Design/methodology/approach
In this quantitative study, a questionnaire is used as a data collection tool. Moreover, this research is conducted on female undergraduate students (n = 300). Whereas, the purposive sampling technique is used and Statistical Package for Social Science (SPSS 27.0) software is used to analyze the data.
Findings
The findings of this study show that cyber bullying is the dominant factor of cyber violence, whereas cyber doxxing has high influence on cognitive development of female undergraduate students. In addition, the value of correlational coefficient is 0.683, which indicates a strong positive correlation. Therefore, it supports that the null hypothesis is rejected and alternative hypothesis is accepted.
Practical implications
The findings of this study are of great importance for policymakers to update the regulations for cyber violence and provide the protection laws for victims whereas it is helpful for the investigation agencies and cybercrime units to be more active and needs to take immediate actions on reported incidents to minimize its further spread and support victims of it. Also, it helps society to understand the influence of it on cognitive health, which helps them to create a safer environment.
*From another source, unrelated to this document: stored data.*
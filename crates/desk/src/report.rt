// What a word measures under a channel, under the layers over it, and by each measure.
ghost use Rattle.desk.specs.Reports.{Quoted, Both, quote_text};

use channel::{Channel, measure_of};
use layers::{Erased, Marks, Shifted, WorstOf};
use measure::{Sum, Worst};
use pauli::Letters;
use std::fmt;

#[derive(Clone, Copy)]
pub struct Quote<M> {
    pub plain: M,
    pub erased: M,
    pub shifted: M,
    pub both: M,
}

// The four measures on one line.
impl<M: fmt::Display> fmt::Display for Quote<M> {
    ghost output = { quote_text M.output };

    fn fmt<W: fmt::Write>(&self, f: &mut fmt::Formatter<W>) -> fmt::Result {
        let Quote {
            plain,
            erased,
            shifted,
            both,
        } = self;
        write!(
            f,
            "{plain}, erased {erased}, shifted {shifted}, both {both}"
        )
    }
}

#[derive(Clone, Copy)]
pub struct Quotes {
    pub places: usize,
    pub sum: Quote<Sum>,
    pub worst: Quote<Worst>,
}

// What lies over a channel: the places that are marked, and the letters by which words are shifted.
#[derive(Clone, Copy)]
pub(super) struct Overlay {
    pub(super) marks: Marks,
    pub(super) shifts: Letters,
}

impl Overlay {
    // The channel and the word are the caller's, and neither owns the other, so they are handed in side by side.

    // A word of letter numbers under a channel, with marked places erased, with letters shifted, and with both.
    fn quote<C: Channel + Copy>(&self, channel: &C, word: &[u8]) -> Quote<C::Measure>
        ensures { Quoted C.Measure.scale (C.prices channel.now) self.now.marks.marks self.now.shifts.numbers word.now result }
    {
        let erased = Erased::new(*channel, self.marks);
        let shifted = Shifted::new(*channel, self.shifts);
        let both = Erased::new(shifted, self.marks);
        Quote {
            plain: measure_of(channel, word),
            erased: measure_of(&erased, word),
            shifted: measure_of(&shifted, word),
            both: measure_of(&both, word),
        }
    }

    // How many places a channel prices, and a word by the total of its prices and by the largest of them.
    pub(super) fn quotes<C: Channel<Measure = Sum> + Copy>(
        &self,
        channel: &C,
        word: &[u8],
    ) -> Quotes
        ensures { Both (C.prices channel.now) self.now.marks.marks self.now.shifts.numbers word.now result }
    {
        Quotes {
            places: channel.priced(),
            sum: self.quote(channel, word),
            worst: self.quote(&WorstOf::new(*channel), word),
        }
    }
}
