// A desk at which words are priced: settings are put on it line by line, and words are measured under them.
#![tactic(auto)]

mod desk;
mod line;
mod report;

pub use desk::{Desk, Reply, Report};
pub use report::{Quote, Quotes};
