// The channels that words are priced under, as the lines read so far have set them.
ghost use Rattle.desk.specs.Reports.{Reported, WordReply};
ghost use Rattle.std.specs.Prelude.{◌≡◌};
ghost use Rattle.desk.specs.Settings.{NewDesk, answered, FlatLine, TableLine, MarksLine, ShiftsLine, Line};
ghost use Rattle.desk.specs.declared.desk.NotSet.TheVariants.{NotRead, NoMemory};

use super::line::{Kind, parted};
use super::report::{Overlay, Quotes};
use channel::{Flat, Table};
use layers::Marks;
use measure::Sum;
use numerals::{marks_in, prices_in};
use pauli::{Letters, NoWord, read_word};
use std::alloc::{AllocError, Global};

#[derive(Clone, Copy)]
pub struct Report {
    pub flat: Quotes,
    pub table: Quotes,
}

// Not a Result: each of these is printed, and a lack of memory, which is not, ends the program; as cases of one error they would have to be
// taken apart again.
#[derive(Clone, Copy)]
pub enum Reply {
    // The word of the line, priced.
    Priced { report: Report },
    // The line is no word: the first place that says so.
    NoWord { place: usize },
    // The line names a setting, and what follows is not what that setting takes.
    Unread,
}

// Why a setting was not taken.
#[derive(Clone, Copy)]
enum NotSet {
    // What follows its name is not what it takes.
    NotRead,
    NoMemory { error: AllocError },
}

impl From<NoWord> for NotSet {
    ghost from_gives = { λ _ r. r ≡ NotRead };

    fn from(_error: NoWord) -> NotSet {
        Self::NotRead
    }
}

impl From<AllocError> for NotSet {
    ghost from_gives = { λ error r. r ≡ NoMemory error };

    fn from(error: AllocError) -> NotSet {
        Self::NoMemory { error }
    }
}

// What a setting is answered, in the one place that takes a lack of memory apart from a setting that was not read.
fn answered(set: Result<(), NotSet>) -> Result<Option<Reply>, AllocError>
    ensures { result ≡ answered set }
{
    match set {
        Ok(()) => Ok(None),
        Err(NotSet::NotRead) => Ok(Some(Reply::Unread)),
        Err(NotSet::NoMemory { error }) => Err(error),
    }
}

#[derive(Drop)]
pub struct Desk {
    values: [Sum; 4],
    entries: Vec<Sum>,
    overlay: Overlay,
}

impl Desk {
    // I is free and the others cost 1, the table is empty, no place is marked and no letter shifted.
    pub fn new(heap: Global) -> Desk
        ensures { NewDesk result }
    {
        Desk {
            values: [Sum(0), Sum(1), Sum(1), Sum(1)],
            entries: Vec::new(heap),
            overlay: Overlay {
                marks: Marks::none(),
                shifts: Letters::blank(),
            },
        }
    }

    // What a word measures under each channel.
    fn report(&self, word: &[u8]) -> Report
        ensures { Reported self.now word.now result }
    {
        Report {
            flat: self.overlay.quotes(&Flat::new(self.values), word),
            table: self
                .overlay
                .quotes(&Table::new(self.entries.as_slice()), word),
        }
    }

    // The word of a line, priced, or the first place at which the line is no word.
    #[tactic(auto, using(pauli::proofs::Reading::front_read))]
    fn word(&self, line: &[u8]) -> Reply
        ensures { WordReply self.now line.now result }
    {
        match read_word(line) {
            Ok(word) => Reply::Priced {
                // The table is of fixed size, and the line's length says how much of it is used.
                report: self.report(&word.numbers[..line.len()]),
            },
            Err(e) => Reply::NoWord { place: e.place },
        }
    }

    // Sets the prices of I, X, Y and Z; there must be just four.
    fn set_flat(&mut self, heap: Global, text: &str) -> Result<(), NotSet>
        ensures { FlatLine text.now self.old (answered result) self.new }
    {
        let prices = prices_in(heap, text)?.ok_or(NotSet::NotRead)?;
        self.values = <[Sum; 4]>::try_from(prices.as_slice()).map_err(|_| NotSet::NotRead)?;
        Ok(())
    }

    // Sets the entries of the table, four to a place.
    fn set_table(&mut self, heap: Global, text: &str) -> Result<(), NotSet>
        ensures { TableLine text.now self.old (answered result) self.new }
    {
        self.entries = prices_in(heap, text)?.ok_or(NotSet::NotRead)?;
        Ok(())
    }

    // Marks these places and no others.
    fn set_marks(&mut self, text: &str) -> Result<(), NotSet>
        ensures { MarksLine text.now self.old (answered result) self.new }
    {
        self.overlay.marks = marks_in(text).ok_or(NotSet::NotRead)?;
        Ok(())
    }

    // Sets the letters by which words are shifted, with I after them.
    fn set_shifts(&mut self, text: &str) -> Result<(), NotSet>
        ensures { ShiftsLine text.now self.old (answered result) self.new }
    {
        self.overlay.shifts = read_word(text.as_bytes())?;
        Ok(())
    }

    // Takes one line: a setting, or a word to price.
    pub fn line(&mut self, heap: Global, line: &[u8]) -> Result<Option<Reply>, AllocError>
        ensures { Line line.now self.old result self.new }
    {
        let (kind, rest) = parted(line);
        // A match over the kinds leaves none out, and needs no dyn.
        let set = match kind {
            Kind::Flat => self.set_flat(heap, rest),
            Kind::Table => self.set_table(heap, rest),
            Kind::Marks => self.set_marks(rest),
            Kind::Shifts => self.set_shifts(rest),
            Kind::Word => return Ok(Some(self.word(line))),
        };
        answered(set)
    }
}
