/// What becomes of a form with a word, if there is memory.
pub type Growth = Result<Grown, AllocError>;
Similarly, parents and teachers need to make a safe and comfortable environment around children and keep an eye on them. Further, it is beneficial for companies or online platforms to keep their sites or apps more secure for the users. Moreover, future research studies could expand the topic by involving different genders and age group peoples by using different methodologies to explore in depth.
Originality/value
This study is unique as there are limited studies, which identify the factor of cyber violence and its influence on cognitive development. Also, fewer studies can be seen in the context of Pakistan.